# practicing on carpet



## Guest (Dec 12, 2008)

probably my favorite thing when theres no snow is dicking around in my room. playing around on nose presses and what not. and im wondering how fast that takes the wax off your board????? cause i dont wax my own boards, and i dont wanna pay 10 bucks a week cause i played around on the carpet to much. any ideas on if this matters at all?


----------



## bakesale (Nov 28, 2008)

ever jump on your bed with your board on?


----------



## Guest (Dec 12, 2008)

no my bed is cosumed with clothes im to lazy to put away  and im 6'3 with low ceilings. i dont like where this is headed....


----------



## bakesale (Nov 28, 2008)

it's okay, ceilings are overrated anyways. 

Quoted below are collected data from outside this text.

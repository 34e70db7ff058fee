// The library for C and Rust: document 01's calls, whole. Each result is the refusal's number, 0 where the call is accepted; on a refusal
// every figure is 0 and every lent buffer is as it was. Nothing is required of what is handed in.
#![tactic(auto)]

ghost use Rattle.std.specs.Prelude.{◌≡◌, List, [], ◌∷◌, ℕ};
ghost use Rattle.grammar.specs.Answers.{check_grammar};
ghost use Rattle.counting.specs.Answers.{count_of};
ghost use Rattle.history.specs.Answers.{check_history, append_of};
ghost use Rattle.history.specs.Playback.{playback};
ghost use Rattle.ranking.specs.Answers.{unrank_of, rank_of};
ghost use Rattle.sampling.specs.Answers.{remaining_of, remaining_matching, draw_of, draw_matching};
ghost use Rattle.sampling.specs.Inner.Says.{remaining_says, draw_says};
ghost use Rattle.weighing.specs.Weighted.{draw_weighted};
ghost use Rattle.pumpfennel.specs.Calls.{gives};
ghost use Rattle.pumpfennel.specs.Inner.Says.{figure_says};

use answers::refusal::Refusal;
use counting::count;
use grammar::checks;
use history::append;
use ranking::unrank::DerivationNumber;
use ranking::{rank, unrank};
use sampling::draw::Drawn;
use sampling::question::Question;
use sampling::remaining::Left;
use sampling::skip::DrawNumber;
use sampling::{draw, remaining};

mod version;

// The one figure of *Check diary*, *Count*, *Give* and *Log*, handed over, beside the buffer that the call left.
fn hand_figure(a: Result<u64, Refusal>, figure: &mut u64) -> u8
    ensures { (out : List ℕ) → gives result (figure.new ∷ []) out ≡ figure_says a out }
{
    match a {
        Ok(x) => {
            *figure = x;
            0
        }
        Err(r) => {
            *figure = 0;
            u8::from(r)
        }
    }
}

// The figures of *Left*, handed over, with or without a pattern.
fn hand_remaining(
    a: Result<Left, Refusal>,
    total: &mut u64,
    heard: &mut u64,
    remaining: &mut u64,
) -> u8
    ensures { gives result (total.new ∷ heard.new ∷ remaining.new ∷ []) [] ≡ remaining_says a }
{
    match a {
        Ok(figures) => {
            *total = figures.total;
            *heard = figures.heard;
            *remaining = figures.left;
            0
        }
        Err(r) => {
            *total = 0;
            *heard = 0;
            *remaining = 0;
            u8::from(r)
        }
    }
}

// Those of *Draw*, beside the buffer that it left.
fn hand_drawn(a: Result<Drawn, Refusal>, remaining: &mut u64, number: &mut u64) -> u8
    ensures { (out : List ℕ) → gives result (remaining.new ∷ number.new ∷ []) out ≡ draw_says a out }
{
    match a {
        Ok(drawn) => {
            *remaining = drawn.left;
            *number = drawn.number.0;
            0
        }
        Err(r) => {
            *remaining = 0;
            *number = 0;
            u8::from(r)
        }
    }
}

// *Check bank*.
#[unsafe(no_mangle)]
pub extern "C" fn pumpfennel_check_grammar(
    grammar: &[u8],
    nonterminals: &mut u64,
    words: &mut u64,
) -> u8
    ensures { gives result (nonterminals.new ∷ words.new ∷ []) [] ≡ check_grammar grammar.now }
{
    match checks::check(grammar) {
        Ok(sizes) => {
            *nonterminals = u64::from(sizes.nonterminals);
            *words = u64::from(sizes.words);
            0
        }
        Err(r) => {
            *nonterminals = 0;
            *words = 0;
            u8::from(r)
        }
    }
}

// *Check diary*.
#[unsafe(no_mangle)]
pub extern "C" fn pumpfennel_check_history(history: &[u8], records: &mut u64) -> u8
    ensures { gives result (records.new ∷ []) [] ≡ check_history history.now }
{
    hand_figure(history::checks::check(history), records)
}

// *Count*.
#[unsafe(no_mangle)]
pub extern "C" fn pumpfennel_count(grammar: &[u8], length: u64, total: &mut u64) -> u8
    ensures { gives result (total.new ∷ []) [] ≡ count_of grammar.now length }
{
    hand_figure(count::count(grammar, length), total)
}

// *Give*.
#[unsafe(no_mangle)]
pub extern "C" fn pumpfennel_unrank(
    grammar: &[u8],
    length: u64,
    number: u64,
    sentence: &mut [u8],
    total: &mut u64,
) -> u8
    ensures { gives result (total.new ∷ []) sentence.new ≡ unrank_of grammar.now length number sentence.old }
{
    let a = unrank::unrank(grammar, length, DerivationNumber(number), sentence);
    hand_figure(a, total)
}

// *Number*.
#[unsafe(no_mangle)]
pub extern "C" fn pumpfennel_rank(
    grammar: &[u8],
    sentence: &[u8],
    number: &mut u64,
    total: &mut u64,
    derivations: &mut u64,
) -> u8
    ensures { gives result (number.new ∷ total.new ∷ derivations.new ∷ []) [] ≡ rank_of grammar.now sentence.now }
{
    match rank::rank(grammar, sentence) {
        Ok(ranked) => {
            *number = ranked.lowest.0;
            *total = ranked.total;
            *derivations = ranked.derivations;
            0
        }
        Err(r) => {
            *number = 0;
            *total = 0;
            *derivations = 0;
            u8::from(r)
        }
    }
}

// *Left*.
#[unsafe(no_mangle)]
pub extern "C" fn pumpfennel_remaining(
    grammar: &[u8],
    history: &[u8],
    length: u64,
    voice: u64,
    total: &mut u64,
    heard: &mut u64,
    remaining: &mut u64,
) -> u8
    ensures { gives result (total.new ∷ heard.new ∷ remaining.new ∷ []) [] ≡ remaining_of grammar.now history.now length voice }
{
    let a = remaining::remaining(grammar, history, Question { length, voice });
    hand_remaining(a, total, heard, remaining)
}

// *Left* with a pattern: byte 255 is a blank, any other byte that word.
#[unsafe(no_mangle)]
pub extern "C" fn pumpfennel_remaining_matching(
    grammar: &[u8],
    history: &[u8],
    pattern: &[u8],
    voice: u64,
    total: &mut u64,
    heard: &mut u64,
    remaining: &mut u64,
) -> u8
    ensures { gives result (total.new ∷ heard.new ∷ remaining.new ∷ []) [] ≡ remaining_matching grammar.now history.now pattern.now voice }
{
    let a = remaining::remaining_matching(grammar, history, pattern, voice);
    hand_remaining(a, total, heard, remaining)
}

// *Draw*.
#[unsafe(no_mangle)]
pub extern "C" fn pumpfennel_draw(
    grammar: &[u8],
    history: &[u8],
    length: u64,
    voice: u64,
    draw: u64,
    sentence: &mut [u8],
    remaining: &mut u64,
    number: &mut u64,
) -> u8
    ensures { gives result (remaining.new ∷ number.new ∷ []) sentence.new ≡ draw_of grammar.now history.now length voice draw sentence.old }
{
    let a = draw::draw(
        grammar,
        history,
        Question { length, voice },
        DrawNumber(draw),
        sentence,
    );
    hand_drawn(a, remaining, number)
}

// *Draw* with a pattern.
#[unsafe(no_mangle)]
pub extern "C" fn pumpfennel_draw_matching(
    grammar: &[u8],
    history: &[u8],
    pattern: &[u8],
    voice: u64,
    draw: u64,
    sentence: &mut [u8],
    remaining: &mut u64,
    number: &mut u64,
) -> u8
    ensures { gives result (remaining.new ∷ number.new ∷ []) sentence.new ≡ draw_matching grammar.now history.now pattern.now voice draw sentence.old }
{
    let a = draw::draw_matching(grammar, history, pattern, voice, DrawNumber(draw), sentence);
    hand_drawn(a, remaining, number)
}

// *Draw* by weights, one for each word: a ticket in place of the draw number.
#[unsafe(no_mangle)]
pub extern "C" fn pumpfennel_draw_weighted(
    grammar: &[u8],
    history: &[u8],
    length: u64,
    voice: u64,
    weights: &[u8],
    ticket: u64,
    sentence: &mut [u8],
    tickets: &mut u64,
    number: &mut u64,
) -> u8
    ensures { gives result (tickets.new ∷ number.new ∷ []) sentence.new ≡ draw_weighted grammar.now history.now length voice weights.now ticket sentence.old }
{
    let a = weighing::draw::draw_weighted(
        grammar,
        history,
        Question { length, voice },
        weights,
        DrawNumber(ticket),
        sentence,
    );
    hand_drawn(a, tickets, number)
}

// *Log*.
#[unsafe(no_mangle)]
pub extern "C" fn pumpfennel_append(
    history: &mut [u8],
    sentence: &[u8],
    voice: u64,
    played: u64,
    records: &mut u64,
) -> u8
    ensures { gives result (records.new ∷ []) history.new ≡ append_of history.old (playback sentence.now voice played) }
{
    hand_figure(append::append(history, sentence, voice, played), records)
}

i used to practice on my trampoline when i was a kid. i usually had to wax it before i rode snow after bouncing around. Carpet is mildly abrasive. so it wouldn't hurt to wax after messin around on carpet


----------



## Guest (Dec 12, 2008)

thats what i figured thank man.


----------



## rjattack19 (Nov 7, 2008)

i do it all the time its fun, i do alot of 180's and simple stuff like that.


----------



## Guest (Dec 12, 2008)

So after practicing on carpet, the board should be waxed again?


----------



## nitroboarder22 (Apr 16, 2008)

you could just wax your own board if your worried its a lot easier and cheaper than you might think 
i dont think it will take the wax off too fast anyway


----------